(MATERIALS PROVIDED Opens)
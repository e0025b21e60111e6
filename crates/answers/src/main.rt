// Runs texts through the reader, the survey and the listing, so that another reader can be held against them. Standard input
// has, for each text, a byte for its form, 7 or 8, three bytes for its length, the highest first, and the text. For each,
// standard output has a line with the form and the length; a line for every byte's answer, also for nothing yet and skipped; the
// end; the survey on a line; the listing, in pieces of up to 64 bytes, each after a line with its length; and what a buffer of
// eight bytes takes of it.
#![tactic(auto)]

use desk::{digit_of, form_named, length_of, read_full};
use paper::{Answer, Figures, Form, Listed, Reader, Refused};
use std::io;

// The longest text that is asked.
const ROOM: usize = 80000;

// A line fits, and a piece of a listing has a few lines.
const PIECE: usize = 64;

// The shortest line has eight bytes.
const FEW: usize = 8;

// More texts than there are.
const TEXTS: usize = 100000;

// The line that the library makes.
fn print_line(rt: &impl Print, offset: usize, answer: Answer) -> io::Result<()> {
    let mut line = [0u8; PIECE];
    match listing::line_of(offset, answer, &mut line) {
        Ok(length) => rt.write_all(&line[..length]),
        Err(_) => println!(rt; "no room for a line"),
    }
}

// The listing leaves two answers out.
fn print_answer(rt: &impl Print, offset: usize, answer: Answer) -> io::Result<()> {
    match answer {
        Answer::NothingYet => println!(rt; "{offset} nothing yet"),
        Answer::Skipped => println!(rt; "{offset} skipped"),
        _ => print_line(rt, offset, answer),
    }
}

// Byte by byte.
fn print_answers(rt: &impl Print, form: Form, text: &[u8]) -> io::Result<()> {
    let mut reader = reader::start(form);
    for (offset, byte) in text.iter().enumerate() {
        let given = reader::read(reader, *byte);
        print_answer(rt, offset, given.answer)?;
        reader = given.reader;
    }
    println!(rt; "end {} {}", text.len(), reader::end_word(reader))
}

fn print_figures(rt: &impl Print, figures: Figures) -> io::Result<()> {
    let Figures {
        characters,
        spaces,
        deletes,
        controls,
        designations,
        shifts,
        others,
        refusals,
        insteps,
        first,
        end,
    } = figures;
    print!(rt;
        "survey {characters} {spaces} {deletes} {controls} {designations} {shifts} {others} {refusals} {insteps}"
    )?;
    println!(rt; " {end}")?;
    if let Some(refused) = first {
        println!(rt; "first {refused}")?;
    }
    Ok(())
}

fn print_survey(rt: &impl Print, form: Form, text: &[u8]) -> io::Result<()> {
    match figures::survey(form, text) {
        Ok(figures) => print_figures(rt, figures),
        Err(refusal) => println!(rt; "survey {}", Refused { refusal, place: 0 }),
    }
}

// A piece of the listing, from an offset on with the reader that stands there. Answers where the next begins, if there is one.
fn print_piece(
    rt: &impl Print,
    text: &[u8],
    offset: usize,
    reader: Reader,
) -> io::Result<Option<(usize, Reader)>> {
    // lent to the library, which says how much of it is written
    let mut piece = [0u8; PIECE];
    let (length, next) = match listing::list(text, offset, reader, &mut piece) {
        Ok(Listed::Done(length)) => (length, None),
        Ok(Listed::More(length, at, next)) => (length, Some((at, next))),
        Err(refusal) => {
            println!(rt; "listing refused")?;
            print_line(rt, 0, Answer::Refused(refusal))?;
            return Ok(None);
        }
    };
    println!(rt; "listing {length}")?;
    // As in `lister`, where `&piece[..length]` was tried: that the slice has the length stayed open.
    rt.write_all(&piece[..length.min(PIECE)])?;
    Ok(next)
}

// Each piece but the last has a line, so there are no more pieces than answers.
fn print_listing(rt: &impl Print, form: Form, text: &[u8]) -> io::Result<()> {
    let mut left = Some((0, reader::start(form)));
    for _ in 0..=text.len() {
        let Some((offset, reader)) = left else { break };
        left = print_piece(rt, text, offset, reader)?;
    }
    Ok(())
}

// Into a buffer that is too short for most lines.
fn print_short(rt: &impl Print, form: Form, text: &[u8]) -> io::Result<()> {
    let mut few = [0u8; FEW];
    match listing::list(text, 0, reader::start(form), &mut few) {
        Ok(Listed::Done(length)) => println!(rt; "short {length}"),
        Ok(Listed::More(length, at, _)) => println!(rt; "short {length} more at {at}"),
        Err(refusal) => println!(rt; "short refused {}", usize::from(refusal)),
    }
}

fn print_text(rt: &impl Print, form: Form, text: &[u8]) -> io::Result<()> {
    println!(rt; "text {} {}", digit_of(form), text.len())?;
    print_answers(rt, form, text)?;
    print_survey(rt, form, text)?;
    print_listing(rt, form, text)?;
    print_short(rt, form, text)
}

// Reads one text over what the buffer holds and answers it; false where there is none, where it is cut short, and where there
// is no room for it.
fn answer_one(rt: &(impl Input + Print), buffer: &mut [u8]) -> io::Result<bool> {
    let mut head = [0u8; 4];
    if read_full(rt, &mut head)? < 4 {
        return Ok(false);
    }
    let [form, first, second, third] = head;
    let length = length_of(first, second, third);
    if length > buffer.len() {
        println!(rt; "a text is too long for this program")?;
        return Ok(false);
    }
    let text = &mut buffer[..length];
    let got = read_full(rt, text)?;
    print_text(rt, form_named(form), text)?;
    Ok(got == length)
}

fn main(rt: HostRuntime) -> io::Result<()> {
    // no `Vec`: a text that is cut short is printed over what the buffer held
    let mut buffer = [0u8; ROOM];
    for _ in 0..TEXTS {
        if !answer_one(&rt, &mut buffer)? {
            break;
        }
    }
    Ok(())
}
(MATERIALS PROVIDED Closes)
ABOUT THIS TASK => From the records above, repeat exactly the lines from the one with "and where there" through the one with "let mut head = [0u8; 4];", both included.

SOLUTION =>
// Reads one text over what the buffer holds and answers it; false where there is none, where it is cut short, and where there
// is no room for it.
fn answer_one(rt: &(impl Input + Print), buffer: &mut [u8]) -> io::Result<bool> {
    let mut head = [0u8; 4];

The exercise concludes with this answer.